After Ankara, we headed north for the Black Sea. Along the way we stopped at Safranbolu, which is supposed to have some great wooden architecture of a specific style. We saw some of the really touristy area and decided to push on. At that point, we had been sleeping in the car for 4 straight days (but were fresh, thanks to the super solar shower) and were getting less impressed with the history, mostly because it was only about 400 years old, rather than 4000. Still, 400 years for a wooden structure isn't bad.

The Black Sea was nice. The town we stopped at, Amasra, didn't have much in the way of sites, but it seemed like a pleasant place. I ended up buying some cheap sandals due to my toe shoes smelling worse than dead things, and we moved on, towards Istanbul.

That night, we showered (separately) in a mature forest and slept in an opening just off of a quiet road. It was a very peaceful place to stop and a great way to end our car camping portion of the trip.

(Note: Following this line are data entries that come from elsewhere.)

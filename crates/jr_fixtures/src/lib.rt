//! Rooms and envs for tests, and what their calls answer. Nothing here ends the process: it is in tests alone that a crate may.
#![tactic(auto)]

ghost use Rattle.std.specs.Prelude.{◌≡◌, true, All, IfOk};
ghost use Rattle.jr_model.specs.declared.event.Role.TheVariants.{Outside};
ghost use Rattle.jr_rule.specs.Passes.{IsOpened};
ghost use Rattle.jr_rule.specs.Rooms.{IsOfRoom};
ghost use Rattle.jr_steps.specs.Knowing.{Spent};

use jr_env::{Env, NativeInterface};
use jr_model::Summary;
use jr_rule::{Pass, PlainSteps, Room, RoomSteps};
use jr_steps::Steps;
use jr_weak::Marker;
use jr_word::{Config, Fault, Handle, LAST_SERIAL};
use std::alloc::Global;
use std::test::Fail;

/// The last serial of a slot or a local place.
pub const LAST: u32 = LAST_SERIAL;

/// The env over a fresh pass, which is spent.
pub fn opened_env<S: Steps + Drop>(steps: S) -> Env<S>
    requires outside { (S.facts steps).stands.role ≡ Outside }
    requires fresh { (S.facts steps).stands.fresh ≡ true }
    ensures { Spent S.facts steps result.held.steps }
{
    let Ok(env) = Env::new(steps) else {
        unreachable!();
    };
    env
}

/// The env over plain words in which nothing stands.
pub fn plain_env(alloc: Global, config: Config) -> Result<Env<PlainSteps<LAST>>, Fault> {
    let steps = PlainSteps::new(alloc, config)?;
    Ok(opened_env(steps))
}

/// A test of an env in which nothing was done. It is handed what it aborts by, of which no library speaks.
pub trait EnvTest<R> {
    /// Runs it.
    fn run<S: Steps>(self, rt: &R, alloc: Global, env: &mut Env<S>) -> Result<(), Fail>;
}

/// Runs a test over plain words, which are made for it: an env that a test makes itself is dear to prove.
pub fn alone<T: EnvTest<R> + Drop, R>(
    rt: &R,
    alloc: Global,
    config: Config,
    test: T,
) -> Result<(), Fail> {
    let mut env = plain_env(alloc, config)?;
    test.run(rt, alloc, &mut env)
}

/// What is missing where the passes are at their end.
pub type NoPass = &'static str;

/// The last of the passes of a room, whatever its last serial.
pub fn next_pass<const SERIAL: u32>(
    _room: &Room<SERIAL>,
    passes: &mut Vec<Pass>,
) -> Result<Pass, NoPass>
    requires { All (λ p. IsOpened _room.now.row p) passes.old.items }
    ensures others { All (λ p. IsOpened _room.now.row p) passes.new.items }
    ensures pass { IfOk result (λ p. IsOpened _room.now.row p) }
{
    let Some(pass) = passes.pop() else {
        return Err("there is no pass for each thread");
    };
    Ok(pass)
}

/// The steps over the last of the passes.
pub fn next_steps<'a>(
    room: &'a Room<LAST>,
    passes: &mut Vec<Pass>,
) -> Result<RoomSteps<'a, LAST>, NoPass>
    requires { All (λ p. IsOpened room.now.row p) passes.old.items }
    ensures others { All (λ p. IsOpened room.now.row p) passes.new.items }
    ensures outside { IfOk result (λ s. s.role ≡ Outside) }
{
    let pass = next_pass(room, passes)?;
    Ok(RoomSteps::new(room, pass))
}

/// The env over the last of the passes.
pub fn next_env<'a, const SERIAL: u32>(
    room: &'a Room<SERIAL>,
    passes: &mut Vec<Pass>,
) -> Result<Env<RoomSteps<'a, SERIAL>>, NoPass>
    requires { All (λ p. IsOpened room.now.row p) passes.old.items }
    ensures { All (λ p. IsOpened room.now.row p) passes.new.items }
{
    let pass = next_pass(room, passes)?;
    Ok(opened_env(RoomSteps::new(room, pass)))
}

/// What stands in a room that is closed with the pass of a thread that took no step: `None` where a thread is in the room.
pub fn closed(room: Room<LAST>, pass: Pass) -> Option<Summary>
    requires { IsOfRoom room pass }
{
    room.close(pass).ok()
}

/// The reference that a call made to an object.
pub fn made(answer: Result<Option<Handle>, Fault>) -> Result<Handle, Fail> {
    match answer {
        Ok(Some(handle)) => Ok(handle),
        Ok(None) => Err("it is to no object")?,
        Err(fault) => Err(fault)?,
    }
}

/// What a call is refused with, if it is.
pub fn refusal<A: Drop>(answer: Result<A, Fault>) -> Option<Fault> {
    answer.err()
}

/// Whether a call answers with this refusal, or with none.
pub fn is_refused<A: Drop>(answer: Result<A, Fault>, wanted: Option<Fault>) -> bool {
    answer.err() == wanted
}

/// Checks the type of the reference that a word is: 1 local, 2 global, 3 weak global, and 0 where it is none.
pub fn has_type<S: Steps>(env: &mut Env<S>, word: Handle, wanted: u8) -> Result<(), Fail> {
    let found = env.get_object_ref_type(word)?;
    if found == wanted {
        Ok(())
    } else {
        Err(Fail::new(format_args!("the type of {word:?} is {found}, not {wanted}")))
    }
}

/// How many weak references a collection cleared, how many objects it dropped, and how many words are used then. The marker is made for it.
pub fn collected<S: Steps>(alloc: Global, env: &mut Env<S>) -> Result<[u32; 3], Fault> {
    let mut marker = Marker::new(alloc, env.held.steps.config())?;
    let collected = env.collect(&mut marker)?;
    Ok([collected.cleared, collected.dropped, collected.used])
}

/// Checks these three numbers of a collection.
pub fn collects<S: Steps>(alloc: Global, env: &mut Env<S>, wanted: [u32; 3]) -> Result<(), Fail> {
    let found = collected(alloc, env)?;
    if found == wanted {
        Ok(())
    } else {
        Err(Fail::new(format_args!("collected {found:?}, not {wanted:?}")))
    }
}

Istanbul was a busy place. We ended up staying there for 3 days, which I think was maybe 1.5 days too long. It was nice to see the sites: Blue Mosque, Ayasofya, Grand Bazaar, Basilica Cistern, Hagia Sofia, etc; however, it was the same as Ephesus: super crowded. In hindsight, late June and early July is the high season for tourism, so we should have been expecting the crowds, but waiting in line like we are at a theme park to see displays in a museum seems a bit excessive.

Overall, it was a great trip. Obviously, there is a ton of history. Thousands of years of different peoples and cultures fighting for, conquering, and subsequently losing the same land makes for a great mix of things to do and see. Most of the sites were literally built on top of previous sites. The further one digs, the older things get.

One of the stories I really liked was of the Basilica Cistern. It was built in the 6th century and subsequently lost to history for over 1000 years after rioting burned down the city. It wasn't until the 1500's that a visiting historian looked into the story that people had magical basements. All they had to do was lower a bucket into the hole in their basement and it came back up with water and, sometimes, fish. He dropped down one of the holes to find a 105,000 ft2 area with 336 thirty foot high carved marble pillars.

Following Turkey, we made our way back to Greece for the return to the UK. We ended up sleeping in a train station our last night, made it back to sunny N. Yorkshire in time to catch up with some friends (Dan made jambalaya or gumbo. We weren't sure what it was called, but it was really good), and then take off for the conference in Wales, which was another good week.

I am just about caught up on work after being gone for 3 weeks and am looking forward to the remainder of the summer and the autumn.